### [Work to complete]
The response must consist of each line in the listing that has the word "Possible" in it.
(Beginning of Material to process)
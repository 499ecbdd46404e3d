//! What a refinement came to, and how it is printed.
#![tactic(auto)]

mod input;
mod linked;
mod links;
mod outcome;
mod report;
mod step;

pub use linked::LinkedModels;
pub use links::print_links;
pub use outcome::print_report;
pub use report::{Difference, Possible, Report, Step};
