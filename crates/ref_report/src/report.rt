//! What a refinement came to.

use asm_domain::Value;
use asm_list::Listed;
use asm_node::{Input, Words};
use asm_state::MapStore;
use cnf_check::{Effort, Refutation};

/// A step of the concrete model beside a state of the abstract one. Neither state need be one that a run reaches.
#[derive(Drop, Debug)]
pub struct Step {
    pub abstract_state: MapStore,
    pub concrete_state: MapStore,
    pub input: Input,
    /// The words that the step draws, each below the number of its candidates.
    pub words: Words,
    pub next: MapStore,
}

/// Whether the concrete model has a step at all from states that conform and meet the invariants.
#[derive(Drop, Debug)]
pub enum Possible {
    /// Such a step.
    Able(Step),
    /// The refutation of a circuit that asks for one.
    Unable(Refutation),
}

/// The functions of a link have different values at some arguments.
#[derive(Drop, Debug)]
pub struct Difference {
    /// The link's number, counted from 0.
    pub link: u32,
    pub arguments: Listed<Value>,
    pub abstract_value: Value,
    pub concrete_value: Value,
}

/// What a refinement came to.
#[derive(Drop, Debug)]
pub enum Report {
    /// The circuit that asks for a step which nothing answers is refuted.
    Proved(Refutation, Possible),
    /// The functions of a link have different values initially.
    InitialDiffers(Difference),
    /// The abstract invariant of this number, counted from 1, is false initially.
    InitialInvariant(u32),
    /// A step that nothing answers, and the refutation of a circuit that asks for an answer to it.
    StepFails(Step, Refutation),
    /// The lines of a search that used up the budget.
    Spent(Effort),
}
(End of Material to process)
### [Exercise result]
pub use report::{Difference, Possible, Report, Step};
pub enum Possible {
    Proved(Refutation, Possible),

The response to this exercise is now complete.